- REQUIREMENT -
The required answer is every line of the data containing the word "alloc".

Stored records
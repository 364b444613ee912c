//! The search for skipped steps.
ghost use Rattle.std.specs.Prelude.{◌≡◌, ◌<◌, ◌&&◌, ℕ, length, OnOk, IfOk, true};
ghost use Rattle.std.specs.List.{Contains};
ghost use Rattle.b2_sched.specs.Searches.{AreLeftFlags, AreStuckFlags, AreFound, is_left as told_left, found_too, pending_too};

use crate::state::State;
use b2_base::fault::OutOfMemory;
use b2_base::list::List;
use std::alloc::Global;

/// Whether a step is left: it is needed, and neither settled nor failed.
fn is_left(state: State, dependents: &[u32]) -> bool
    ensures { result ≡ told_left state dependents.now }
{
    match state {
        State::Settled | State::Failed => false,
        _ => !dependents.is_empty(),
    }
}

/// For each number whether its step is left.
pub fn left_flags(
    alloc: Global,
    states: &[State],
    dependents: &[List<u32>],
) -> Result<Vec<bool>, OutOfMemory>
    requires { length dependents.now ≡ length states.now }
    ensures { IfOk result (λ flags. AreLeftFlags states.now dependents.now flags.items) }
{
    let mut flags = Vec::new(alloc);
    for (number, state) in states.iter().enumerate() {
        flags.push(is_left(*state, dependents[number].as_slice()))?;
    }
    Ok(flags)
}

/// The steps that are left, those of them that were found to be skipped, and those whose dependents are still to be found.
#[derive(Drop)]
pub struct SkipSearch {
    pub left: Vec<bool>,
    pub found: Vec<bool>,
    pub pending: Vec<u32>,
}

impl SkipSearch {
    /// Finds a step, if it is left and was not found.
    fn find(&mut self, number: u32) -> Result<(), OutOfMemory>
        requires size { length self.old.found.items ≡ length self.old.left.items }
        requires within { number < length self.old.left.items }
        ensures left { self.new.left.items ≡ self.old.left.items }
        ensures found { OnOk result (self.new.found.items ≡ found_too self.old.left.items self.old.found.items number) }
        ensures pending { OnOk result (self.new.pending.items ≡ pending_too self.old.left.items self.old.found.items self.old.pending.items number) }
    {
        let place = number as usize;
        if self.left[place] && !self.found[place] {
            self.found[place] = true;
            self.pending.push(number)?;
        }
        Ok(())
    }

    /// Finds those of the steps that are left and were not found.
    pub fn find_all(&mut self, numbers: &[u32]) -> Result<(), OutOfMemory>
        requires size { length self.old.found.items ≡ length self.old.left.items }
        requires within { (i : ℕ) → Contains numbers.now i → i < length self.old.left.items }
        ensures left { self.new.left.items ≡ self.old.left.items }
        ensures found { OnOk result (AreFound self.old.left.items numbers.now self.old.found.items self.old.pending.items self.new.found.items self.new.pending.items) }
    {
        for number in numbers {
            self.find(*number)?;
        }
        Ok(())
    }

    /// The steps that were found.
    pub fn into_found(self) -> Vec<bool>
        ensures { result.items ≡ self.found.items }
    {
        let SkipSearch {
            left,
            found,
            pending,
        } = self;
        drop(left);
        drop(pending);
        found
    }
}

/// For each number whether its step is left and was not found.
pub fn stuck_flags(alloc: Global, left: &[bool], found: &[bool]) -> Result<Vec<bool>, OutOfMemory>
    requires { length found.now ≡ length left.now }
    ensures { IfOk result (λ flags. AreStuckFlags left.now found.now flags.items) }
{
    let mut flags = Vec::new(alloc);
    for (number, is_left) in left.iter().enumerate() {
        flags.push(*is_left && !found[number])?;
    }
    Ok(flags)
}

- PROBLEM SOLUTION -
use std::alloc::Global;
    alloc: Global,
    let mut flags = Vec::new(alloc);
pub fn stuck_flags(alloc: Global, left: &[bool], found: &[bool]) -> Result<Vec<bool>, OutOfMemory>
    let mut flags = Vec::new(alloc);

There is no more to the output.